The most direct way to improve a neural-network policy is to follow the gradient of the expected return with respect to the parameters. The trouble is that the expectation is over trajectories sampled by the policy itself: standard “differentiate the integrand” rules do not apply. The log-derivative trick is the one calculus identity that solves it, and the algorithm that falls out is REINFORCE (Williams, 1992), the foundation every policy-gradient method in the rest of the track builds on. This is the scan-it-in-five-minutes version.

  • The objective and the obstacle. J(θ) = E_(τ ~ π_θ) [R(τ)]. The expectation depends on θ through the sampling distribution, so you cannot just differentiate the integrand.
  • The log-derivative trick. ∇_θ p(x;θ) = p(x;θ) · ∇_θ log p(x;θ), so ∇_θ E[f(x)] = E[f(x) · ∇_θ log p(x;θ)]. An expectation of “thing times score” is something you can estimate from samples.
  • Applied to RL, the dynamics drop out. p(τ;θ) = ρ(s_0) · Π π_θ(a_t|s_t) · P(s_(t+1)|s_t,a_t). Taking logs and differentiating: ∇_θ log p(τ;θ) = Σ_t ∇_θ log π_θ(a_t|s_t), since the dynamics P and initial-state ρ are constants from θ’s perspective and contribute zero. This is what makes deep RL model-free.
  • The policy gradient theorem. ∇_θ J(θ) = E_(τ ~ π_θ) [R(τ) · Σ_t ∇_θ log π_θ(a_t|s_t)]. REINFORCE estimates it by sampling N trajectories and averaging.
  • Two variance-reduction refinements. Rewards-to-go: replace R(τ) with G_t = Σ_(k≥t) γ^(k-t) r_k (causality).
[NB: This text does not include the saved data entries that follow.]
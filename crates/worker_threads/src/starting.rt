//! Threads for the workers of a team.

ghost use Rattle.std.specs.Prelude.{◌≡◌, ◌+◌, ◌++◌, ◌<◌, ◌≤◌, length, map, reverse, true, vec_capacity};

use crate::thread::{Handle, start_worker};
use crate::thread_control::ThreadControl;
use std::marker::Model;
use std::sync::Wait;
use std::thread::Threads;
use std::time::Clock;
use worker_parts::{Stage, Turns};

/// Workers of one kind, control for the thread of each, in order, and room for the threads' handles, of which
/// none is there. Contracts see the workers, and for how many of them and of their handles there is room.
#[derive(Drop)]
pub struct Team<B, W: Stage> {
    pub workers: Vec<W>,
    pub control: Vec<ThreadControl<B>>,
    pub room: Vec<Handle<W>>,
}

impl<B, W: Stage> Model for Team<B, W> {
    ghost use Rattle.std.specs.Prelude.{◌≡◌, ◌≤◌, [], length, vec_capacity};
    ghost use Rattle.worker_threads.specs.Teams.{Seated};

    ghost Value = { Seated W };

    ghost view = { λ t. record { workers = t.workers.items; seats = vec_capacity t.workers; handles = vec_capacity t.room } };

    ghost invariant = { λ t. (t.room.items ≡ []) × (length t.workers.items ≤ vec_capacity t.room) };
}

/// Workers of one kind in threads of their own, and their list, which is empty now: the room that they come
/// back into. It has no `Drop`: its threads can only be joined, or told to give up. Contracts see the workers as they
/// were when their threads were made.
pub struct Started<W: Stage> {
    pub(crate) handles: Vec<Handle<W>>,
    pub(crate) room: Vec<W>,
}

impl<W: Stage> Model for Started<W> {
    ghost use Rattle.std.specs.Prelude.{◌≡◌, ◌≤◌, List, [], length, map, vec_capacity};

    ghost Value = { List W };

    ghost view = { λ s. map (λ h. h.promise.0.value) s.handles.items };

    ghost invariant = { λ s. (s.room.items ≡ []) × (length s.handles.items ≤ vec_capacity s.room) };
}

// A thread for the next worker, the last of these, where all before it have one. Whether it has one too.
fn start_next<B, W, R>(
    rt: R,
    so_far: bool,
    workers: &mut Vec<W>,
    control: &mut Vec<ThreadControl<B>>,
    handles: &mut Vec<Handle<W>>,
) -> bool
where
    B: Drop + Send + Sync + 'static,
    W: Turns<B> + Send + Drop + 'static,
    R: Threads + Wait + Clock + Copy + Send + 'static,
    requires some { so_far ≡ true → 0 < length workers.old.items }
    requires room { so_far ≡ true → length handles.old.items < vec_capacity handles.old }
    ensures so_far { result ≡ true → so_far ≡ true }
    ensures one { result ≡ true → length workers.old.items ≡ length workers.new.items + 1 }
    ensures same { result ≡ true → map (λ h. h.promise.0.value) handles.new.items ++ reverse workers.new.items ≡ map (λ h. h.promise.0.value) handles.old.items ++ reverse workers.old.items }
    ensures fewer { length handles.new.items + length workers.new.items ≤ length handles.old.items + length workers.old.items }
    ensures room { (vec_capacity workers.new ≡ vec_capacity workers.old) × (vec_capacity handles.new ≡ vec_capacity handles.old) }
{
    if !so_far {
        return false;
    }
    let Some(own) = control.pop() else {
        return false;
    };
    let Some(worker) = workers.pop() else {
        return false;
    };
    match start_worker(rt, own, worker) {
        Some(handle) => {
            handles.push_reserved(handle);
            true
        }
        None => false,
    }
}

/// A thread of its own for each worker of a team, which holds until it is told to run: where all teams before it have
/// theirs, as many as can be made. Whether all are there, those before them too. Workers without a thread are gone. It
/// takes no memory.
pub fn start_each<B, W, R>(rt: R, team: Team<B, W>, so_far: bool) -> (Started<W>, bool)
where
    B: Drop + Send + Sync + 'static,
    W: Turns<B> + Send + Drop + 'static,
    R: Threads + Wait + Clock + Copy + Send + 'static,
    ensures { result.1 ≡ true → (so_far ≡ true) × (result.0 ≡ team.workers) }
{
    let Team {
        mut workers,
        mut control,
        room: mut handles,
    } = team;
    let count = workers.len();
    workers.reverse();
    control.reverse();
    let mut are_all = so_far;
    for k in 0..count {
        are_all = start_next(rt, are_all, &mut workers, &mut control, &mut handles);
    }
    workers.clear();
    let started = Started {
        handles,
        room: workers,
    };
    (started, are_all)
}

/// Tells all threads under these control to give up, and joins those of a team.
pub fn give_up<B, W, R>(rt: &R, control: &ThreadControl<B>, started: Started<W>)
where
    W: Stage + Drop,
    R: Threads + Wait,
{
    let Started { handles, room: _ } = started;
    control.give_up();
    for handle in handles {
        let _ = handle.join(rt);
    }
}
Baseline subtraction: replace G_t with G_t - b(s_t), unbiased (because E[b(s)·∇log π(a|s)] = 0) and variance-reducing when b(s) ≈ V^π(s). With b = V^π, the bracket is the advantage A^π(s, a) = Q^π(s, a) - V^π(s) from lesson 3.
  • Worked: sigmoid bandit. π_θ(a=1) = σ(θ), R(a=1)=1, R(a=2)=0. At θ=0, σ=0.5. One sampled a=1 (gradient 1-σ=0.5, α=1) gives θ_1 = 0.5, σ(0.5) ≈ 0.622. One more rewarding sample takes θ_2 = 0.878, σ ≈ 0.706. The policy locks onto the rewarding action and saturates as σ → 1.
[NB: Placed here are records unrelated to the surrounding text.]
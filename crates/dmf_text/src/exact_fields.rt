//! The fields of a line after its first.
ghost use Rattle.std.specs.Prelude.{◌≡◌, ◌≢◌, ◌∷◌, [], length, MatchResult};

use crate::field::Fields;

/// There are too few fields, or too many.
#[derive(Clone, Copy)]
pub(crate) struct WrongFieldCount;

/// The field, if there is exactly one.
pub(crate) fn one_field<'a>(mut behind: Fields<'a>) -> Result<&'a [u8], WrongFieldCount>
    ensures { MatchResult result (λ one. behind.entry ≡ one.now ∷ []) (λ _. length behind.entry ≢ 1) }
{
    match (behind.next(), behind.next()) {
        (Some(first), None) => Ok(first),
        _ => Err(WrongFieldCount),
    }
}

/// The fields, if there are exactly two.
pub(crate) fn two_fields<'a>(
    mut behind: Fields<'a>,
) -> Result<(&'a [u8], &'a [u8]), WrongFieldCount>
    ensures { MatchResult result
        (λ two. behind.entry ≡ two.0.now ∷ two.1.now ∷ [])
        (λ _. length behind.entry ≢ 2) }
{
    match (behind.next(), behind.next(), behind.next()) {
        (Some(first), Some(second), None) => Ok((first, second)),
        _ => Err(WrongFieldCount),
    }
}

/// The fields, if there are exactly three.
pub(crate) fn three_fields<'a>(
    mut behind: Fields<'a>,
) -> Result<(&'a [u8], &'a [u8], &'a [u8]), WrongFieldCount>
    ensures { MatchResult result
        (λ three. behind.entry ≡ three.0.now ∷ three.1.now ∷ three.2.now ∷ [])
        (λ _. length behind.entry ≢ 3) }
{
    match (behind.next(), behind.next(), behind.next(), behind.next()) {
        (Some(first), Some(second), Some(third), None) => Ok((first, second, third)),
        _ => Err(WrongFieldCount),
    }
}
  • Dual-path validation. Analytic E[g] = σ(θ)(1-σ(θ)) = 0.25 at θ=0. Variance 0.0625, standard deviation also 0.25, equal to the signal. A single REINFORCE sample is a 1-σ guess at the true gradient; N-sample averaging tightens it by 1/√N. On real trajectories with long horizons and sparse rewards, the variance is much worse, which is the rest of the track’s agenda.

The log-derivative trick is the calculus identity that underwrites every policy-gradient method in deep RL, from REINFORCE through actor-critic, TRPO, PPO, SAC, and the RLHF pipeline behind ChatGPT/Claude/Gemini. The dynamics-drop-out result is what makes “deep RL” possible at all: you do not need a model of the environment to improve the policy, because the only θ-dependent term in log p(τ;θ) is the policy’s own log-probability of its actions. Knowing this, you can read any modern policy-gradient paper as a layer of variance reduction on top of the same E[(...) · ∇log π] skeleton: actor-critic learns the baseline (V_φ) to compute lower-variance advantages, GAE blends bootstrapped and Monte-Carlo returns, TRPO and PPO add trust-region constraints to keep the on-policy assumption intact. The next lesson, actor-critic, takes the most natural variance-reduction step: train a value function alongside the policy and use it as the baseline, replacing REINFORCE’s high-variance Monte-Carlo returns with a lower-variance bootstrapped advantage estimate. Same gradient direction, less noise, and a much more practical training loop.